The Italian job: Over the Memorial Day weekend, Italy’s president, Sergio Mattarella, refused to allow a populist coalition of the Five-Star Movement and the League to form a government.[1]  The sticking point was the group’s decision to name Paolo Savona as finance minister.  Savona is deeply skeptical of the Eurozone and would likely press for Italy to exit the single currency.  So, Mattarella scuttled the negotiations and instead appointed Carlo Cottarelli as a caretaker PM.  Cottarelli is an anathema to the populists; he is a former IMF official and represents everything the populist coalition detests.

Italian bond yields continue to rise on the news.

(Source: Bloomberg)

Perhaps what is most impressive isn’t the spike in Italian yields but the drop in German Bund yields, which are now down to 31 bps from mid-60 bps before the crisis.  The drop in German yields is a clear indication of capital flight, most likely from Italy.

The disgruntled coalition has called for Mattarella’s impeachment and there are reports that demonstrations and strikes are possible.[2]  Assuming Cottarelli cannot form a government (and it is highly probable he won’t be able to), elections are likely to be scheduled for September.  This election could be pivotal for the future of the Eurozone and the euro.  Up until this point, the Italian parties have not really campaigned on leaving the single currency.  The populist parties, instead, planned on flouting fiscal restrictions, daring the EU to stop them.  However, the September poll is shaping up to be about Italy’s status in the Eurozone.  Most polls show a slim majority support for continued membership in the Eurozone; only about 55% support the single currency, the second lowest of any Eurozone nation.  Only Cyprus is marginally lower.  Still, that means the majority of Italians still support remaining in the Eurozone.  Thus, if the election does become a referendum on the single currency, the populists may not win.  At the same time, the centrist parties are in deep disarray and may not be able to form a government anyway.  Thus, the risks are unusually elevated that the September vote leads to a radical outcome.

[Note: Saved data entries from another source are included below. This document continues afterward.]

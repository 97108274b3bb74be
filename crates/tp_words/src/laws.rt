//! Laws of the definitions.
ghost use Rattle.std.specs.Prelude.{◌≡◌, ℕ, List, ◌∷◌, Some};
ghost use Rattle.tp_words.specs.CommandLine.{said, alone};
ghost use Rattle.tp_words.specs.Plain.{Setting, IsPlain, settings_typed, with_settings};

// Promise 2.11, part 2
/// Plain words are always taken: the word of a command, and then settings of different options, each in
/// its range.
pub fn plain_words_are_taken()
    ensures { (word : List ℕ) (settings : List Setting) → IsPlain word settings
        → said (word ∷ settings_typed settings) ≡ Some (with_settings (alone word) settings) }
{}
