//! What the command line of `tpdrive` asks for.
ghost use Rattle.std.specs.Prelude.{◌≤◌};

use tp_names::SiteName;

/// A site whose events are done by workers.
#[derive(Clone, Copy)]
pub struct Drive {
    /// The site's name.
    pub name: SiteName,
    /// How many workers there are, 1 to 16.
    pub workers: u16,
    pub ghost least_workers: { 1 ≤ workers },
    pub ghost most_workers: { workers ≤ 16 },
}
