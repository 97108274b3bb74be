//! Why words ask for nothing.
ghost use Rattle.std.specs.Prelude.{◌≡◌};
ghost use Rattle.clap.specs.Words.{kind_of};
ghost use Rattle.tp_words.specs.declared.fault.WordsFault.{WordsFault};
ghost use Rattle.tp_words.specs.Faults.{fault_by};

use clap::error::ErrorKind;
use thiserror::Error;

/// Why words ask for nothing.
#[derive(Clone, Copy, Debug, PartialEq, Eq, Error)]
pub enum WordsFault {
    /// They are no command line, or no such command or site can be.
    #[error("usage")]
    Usage,
    /// No memory could be had; nothing is said of the words.
    #[error("out of memory")]
    NoMemory,
}

impl From<clap::Error> for WordsFault {
    ghost from_gives = { λ error fault. fault ≡ fault_by (kind_of error) };

    fn from(error: clap::Error) -> WordsFault {
        match error.kind() {
            ErrorKind::OutOfMemory => WordsFault::NoMemory,
            _ => WordsFault::Usage,
        }
    }
}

What we find most interesting about the Italian situation is that Italy has created the “Nader coalition” of populist right and left wings.[3]  Nader’s vision is that the economic goals of the right- and left-wing populists are close enough to build a dominant political coalition.  Nader wrote his book for U.S. voters; however, to date, a Trump/Sanders coalition looks like a low probability event.  Italy may be closer to Nader’s idea; interestingly enough, the policy mix of lower taxes, immigration restrictions and a basic national income doesn’t fit with any degree of fiscal restraint.  Perhaps the secret to the Nader coalition is to jettison fiscal control.

Although purchasing power parity clearly favors the euro over the dollar, the potential for a bust-up of the Eurozone will hang as a major threat to the single currency and consequently weigh on the exchange rate.  Of course, the worst case scenario rests on a significant populist win in September, which may not happen.  Although Italy’s debt/GDP ratio is a whopping 132%, most of that debt is held domestically…in euros.  If the Italian government leaves the Eurozone and tries to change the debt currency to the “new lira” instead of euros, the backlash would be significant.  Our read is that most Italians like the external governor that Eurozone membership provides but oppose the fiscal constraints.  Leaving the Eurozone would almost certainly be painful for Italian savers; thus, if the September vote becomes a referendum on remaining in the Eurozone, we suspect the populists will fail to form a government.  But, the vote will be close and any casual observation of Italy’s economic performance since joining the Eurozone makes it clear that Italy will be better off outside the Eurozone once the painful adjustment process is complete.  Getting to that “promised land,” however, requires a great deal of disruption that no one wants in the short run.

Spain, too: PM Rajoy faces a confidence vote on Friday.  Rajoy’s center-right government has faced a series of scandals that have undermined sentiment.  If the vote goes against Rajoy, the odds of new elections increase.  Additional European political turmoil adds to concerns about the euro.

North Korea dialogue: After postponing talks, North and South Korea have moved aggressively to support negotiations.  The leaders of the two Koreas have met[4] and envoys from both the U.S. and North Korea are meeting; in fact, a high-ranking North Korean official, Kim Yong Chol,[5] has arrived in New York for discussions.  Although the Trump/Kim summit isn’t officially on, in reality, there are indications that talks are likely.

China trade: Breaking at the time of this writing, the Trump administration indicated it would proceed with tariff plans against China.[6]  Given that negotiations continue, we see this as mostly posturing rather than signaling action.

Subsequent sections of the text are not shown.